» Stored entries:
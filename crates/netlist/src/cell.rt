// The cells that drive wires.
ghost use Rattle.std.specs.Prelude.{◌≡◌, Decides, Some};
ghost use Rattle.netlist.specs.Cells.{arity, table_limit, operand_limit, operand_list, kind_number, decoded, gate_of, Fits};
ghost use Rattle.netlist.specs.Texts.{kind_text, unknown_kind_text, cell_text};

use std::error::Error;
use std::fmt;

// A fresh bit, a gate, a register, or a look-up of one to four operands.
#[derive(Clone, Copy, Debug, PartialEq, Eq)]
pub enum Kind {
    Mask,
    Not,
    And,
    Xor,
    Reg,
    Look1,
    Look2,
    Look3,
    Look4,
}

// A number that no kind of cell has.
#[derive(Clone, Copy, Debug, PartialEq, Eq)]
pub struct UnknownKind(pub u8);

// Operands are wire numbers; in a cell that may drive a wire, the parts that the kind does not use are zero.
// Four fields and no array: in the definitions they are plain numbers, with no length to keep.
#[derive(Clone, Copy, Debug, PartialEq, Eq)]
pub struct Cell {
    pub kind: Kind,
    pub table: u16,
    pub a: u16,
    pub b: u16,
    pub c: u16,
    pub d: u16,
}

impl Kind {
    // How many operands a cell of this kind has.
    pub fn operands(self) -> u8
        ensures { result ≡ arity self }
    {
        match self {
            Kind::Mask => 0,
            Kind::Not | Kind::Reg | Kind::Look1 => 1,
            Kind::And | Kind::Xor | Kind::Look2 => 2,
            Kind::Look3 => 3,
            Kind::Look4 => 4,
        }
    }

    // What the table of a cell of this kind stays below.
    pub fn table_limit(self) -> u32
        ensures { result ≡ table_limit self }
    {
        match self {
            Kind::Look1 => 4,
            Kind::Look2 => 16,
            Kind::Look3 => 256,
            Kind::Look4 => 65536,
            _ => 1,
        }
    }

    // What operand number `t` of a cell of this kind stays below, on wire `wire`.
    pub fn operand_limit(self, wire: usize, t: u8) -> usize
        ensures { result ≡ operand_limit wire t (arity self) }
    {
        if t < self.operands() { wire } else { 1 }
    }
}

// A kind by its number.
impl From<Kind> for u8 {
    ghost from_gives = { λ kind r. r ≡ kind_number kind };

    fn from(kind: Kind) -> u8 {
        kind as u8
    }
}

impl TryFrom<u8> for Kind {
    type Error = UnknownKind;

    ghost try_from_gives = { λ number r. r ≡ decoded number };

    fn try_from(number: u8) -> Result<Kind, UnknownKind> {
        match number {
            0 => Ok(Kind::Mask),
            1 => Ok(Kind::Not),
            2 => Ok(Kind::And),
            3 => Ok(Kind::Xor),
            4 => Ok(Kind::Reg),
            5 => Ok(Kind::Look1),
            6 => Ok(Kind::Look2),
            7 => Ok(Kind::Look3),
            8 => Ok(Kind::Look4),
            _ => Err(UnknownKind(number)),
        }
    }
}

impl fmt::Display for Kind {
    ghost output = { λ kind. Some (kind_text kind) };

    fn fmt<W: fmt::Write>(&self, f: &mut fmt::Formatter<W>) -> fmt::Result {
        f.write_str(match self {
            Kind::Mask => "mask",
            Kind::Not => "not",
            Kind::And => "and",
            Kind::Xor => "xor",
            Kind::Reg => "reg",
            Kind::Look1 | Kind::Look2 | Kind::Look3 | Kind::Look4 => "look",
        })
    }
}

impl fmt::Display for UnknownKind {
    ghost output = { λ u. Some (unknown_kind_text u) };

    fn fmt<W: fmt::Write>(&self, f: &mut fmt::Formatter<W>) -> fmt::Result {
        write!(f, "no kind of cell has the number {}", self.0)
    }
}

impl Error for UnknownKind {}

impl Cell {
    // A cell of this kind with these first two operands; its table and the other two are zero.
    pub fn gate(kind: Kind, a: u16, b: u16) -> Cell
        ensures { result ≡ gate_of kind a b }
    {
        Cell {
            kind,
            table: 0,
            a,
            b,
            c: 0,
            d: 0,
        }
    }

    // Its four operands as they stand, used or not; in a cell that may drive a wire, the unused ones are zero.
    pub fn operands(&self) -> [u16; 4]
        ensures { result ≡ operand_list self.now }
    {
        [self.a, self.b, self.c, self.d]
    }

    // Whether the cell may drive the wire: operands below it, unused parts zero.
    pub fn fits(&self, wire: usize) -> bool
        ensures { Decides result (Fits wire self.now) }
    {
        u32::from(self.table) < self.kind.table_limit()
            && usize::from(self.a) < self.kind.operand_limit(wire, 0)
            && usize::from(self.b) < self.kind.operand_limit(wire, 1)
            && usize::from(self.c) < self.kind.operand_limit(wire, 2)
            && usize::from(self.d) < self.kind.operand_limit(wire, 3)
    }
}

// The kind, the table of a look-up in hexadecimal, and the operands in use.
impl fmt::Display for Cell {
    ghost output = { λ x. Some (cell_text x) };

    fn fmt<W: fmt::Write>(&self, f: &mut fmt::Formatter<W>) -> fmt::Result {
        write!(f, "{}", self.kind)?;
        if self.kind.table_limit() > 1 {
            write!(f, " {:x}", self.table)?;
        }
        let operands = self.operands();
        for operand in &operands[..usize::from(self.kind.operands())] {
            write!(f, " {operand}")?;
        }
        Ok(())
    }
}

* * *

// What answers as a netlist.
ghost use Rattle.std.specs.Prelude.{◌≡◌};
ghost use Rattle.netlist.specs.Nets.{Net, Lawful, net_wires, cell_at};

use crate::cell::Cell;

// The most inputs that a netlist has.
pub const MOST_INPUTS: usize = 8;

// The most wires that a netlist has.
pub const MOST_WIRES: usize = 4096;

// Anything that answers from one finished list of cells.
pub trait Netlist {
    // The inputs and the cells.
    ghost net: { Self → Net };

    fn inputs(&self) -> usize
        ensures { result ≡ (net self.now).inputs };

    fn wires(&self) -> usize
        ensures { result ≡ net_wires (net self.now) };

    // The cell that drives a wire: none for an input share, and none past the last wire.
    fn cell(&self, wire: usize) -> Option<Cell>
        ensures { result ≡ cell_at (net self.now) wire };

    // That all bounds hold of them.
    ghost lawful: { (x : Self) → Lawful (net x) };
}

» WHAT YOU ARE ASKED TO DO: After locating the line with "filename crates/netlist/src/cell.rt" above, return that line and every later line through the one with "What operand number", word for word and with nothing else.

» THE ANSWER:
filename crates/netlist/src/cell.rt
// The cells that drive wires.
ghost use Rattle.std.specs.Prelude.{◌≡◌, Decides, Some};
ghost use Rattle.netlist.specs.Cells.{arity, table_limit, operand_limit, operand_list, kind_number, decoded, gate_of, Fits};
ghost use Rattle.netlist.specs.Texts.{kind_text, unknown_kind_text, cell_text};

use std::error::Error;
use std::fmt;

// A fresh bit, a gate, a register, or a look-up of one to four operands.
#[derive(Clone, Copy, Debug, PartialEq, Eq)]
pub enum Kind {
    Mask,
    Not,
    And,
    Xor,
    Reg,
    Look1,
    Look2,
    Look3,
    Look4,
}

// A number that no kind of cell has.
#[derive(Clone, Copy, Debug, PartialEq, Eq)]
pub struct UnknownKind(pub u8);

// Operands are wire numbers; in a cell that may drive a wire, the parts that the kind does not use are zero.
// Four fields and no array: in the definitions they are plain numbers, with no length to keep.
#[derive(Clone, Copy, Debug, PartialEq, Eq)]
pub struct Cell {
    pub kind: Kind,
    pub table: u16,
    pub a: u16,
    pub b: u16,
    pub c: u16,
    pub d: u16,
}

impl Kind {
    // How many operands a cell of this kind has.
    pub fn operands(self) -> u8
        ensures { result ≡ arity self }
    {
        match self {
            Kind::Mask => 0,
            Kind::Not | Kind::Reg | Kind::Look1 => 1,
            Kind::And | Kind::Xor | Kind::Look2 => 2,
            Kind::Look3 => 3,
            Kind::Look4 => 4,
        }
    }

    // What the table of a cell of this kind stays below.
    pub fn table_limit(self) -> u32
        ensures { result ≡ table_limit self }
    {
        match self {
            Kind::Look1 => 4,
            Kind::Look2 => 16,
            Kind::Look3 => 256,
            Kind::Look4 => 65536,
            _ => 1,
        }
    }

    // What operand number `t` of a cell of this kind stays below, on wire `wire`.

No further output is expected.